Die UN hat das Jahr 2025 zum Internationalen Jahr der Genossenschaften erklärt und würdigt damit die Genossenschaftsidee, die weltweit für Solidarität und nachhaltige Entwicklung steht. In Deutschland wurde mit dem Genossenschaftsgesetz von 1867 eine neue Unternehmensform geschaffen, die bis heute nicht an Attraktivität verloren hat. Schon vor dem Gesetz wurde die Idee gelebt. So existierten in der Bergbauregion des Harzes früh Solidargemeinschaften, wie die 1825 gegründete Privat-Sparkasse zu Lerbach, die später als Genossenschaft firmierte. Die Volksbank im Harz eG mit Sitz in Osterode kann sich als Nachfolgerin der Privat-Sparkasse heute als Genossenschaft mit den ältesten Wurzeln in Deutschland bezeichnen.

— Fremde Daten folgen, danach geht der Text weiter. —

//! When threads began and ended what is timed.

use std::io;
use std::rt::Clock;
use std::time::{CpuClock, Duration, Instant};

/// A case that can't be run.
pub fn refused() -> io::Error {
    io::ErrorKind::OutOfMemory.into()
}

/// A moment, and the processor time that the thread had had by then.
#[derive(Clone, Copy)]
pub struct Moment {
    pub wall: Instant,
    pub cpu: Duration,
}

/// This moment.
pub fn this_moment<R: Clock + CpuClock>(rt: &R) -> io::Result<Moment> {
    Ok(Moment {
        wall: Instant::now(rt)?,
        cpu: rt.thread_cpu_time()?,
    })
}

/// What is timed of one thread.
#[derive(Clone, Copy)]
pub struct Span {
    pub began: Moment,
    pub ended: Moment,
}

/// The times of a run, in nanoseconds.
#[derive(Clone, Copy)]
pub struct Times {
    /// From the first thread's start to the last one's end.
    pub wall: u128,
    /// The most processor time of one thread.
    pub cpu: u128,
}

impl Times {
    /// Nothing was timed.
    pub const NONE: Times = Times { wall: 0, cpu: 0 };

    /// With those of one span more, which came after the others.
    pub fn and(self, span: Span) -> Times {
        let more = times_of(&[span]);
        Times {
            wall: self.wall.wrapping_add(more.wall),
            cpu: self.cpu.wrapping_add(more.cpu),
        }
    }
}

/// The times of all threads together.
pub fn times_of(spans: &[Span]) -> Times {
    let mut first = None;
    let mut last = None;
    let mut cpu = Duration::ZERO;
    for span in spans {
        first = Some(match first {
            None => span.began.wall,
            Some(first) => span.began.wall.min(first),
        });
        last = Some(match last {
            None => span.ended.wall,
            Some(last) => span.ended.wall.max(last),
        });
        cpu = cpu.max(span.ended.cpu.saturating_sub(span.began.cpu));
    }
    let wall = match (first, last) {
        (Some(first), Some(last)) => last.duration_since(first),
        _ => Duration::ZERO,
    };
    Times {
        wall: wall.as_nanos(),
        cpu: cpu.as_nanos(),
    }
}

Im Mittelpunkt der diesjährigen Tagung zur Genossenschaftsgeschichte stehen zahlreiche Jubiläen, die den Erfolg der Genossenschaftsidee belegen. Die insgesamt 13 Vorträge reichen von 200 Jahre genossenschaftliche Selbsthilfe im Harz über 150 Jahre Allgemeine Deutsche Schiffszimmerer-Genossenschaft in Hamburg bis zu 125 Jahre Verband norddeutscher Wohnungsunternehmen, 100 Jahre Seminar für Genossenschaftswesen in Köln und 75 Jahre Baugenossenschaft GENO50 in Wiesbaden.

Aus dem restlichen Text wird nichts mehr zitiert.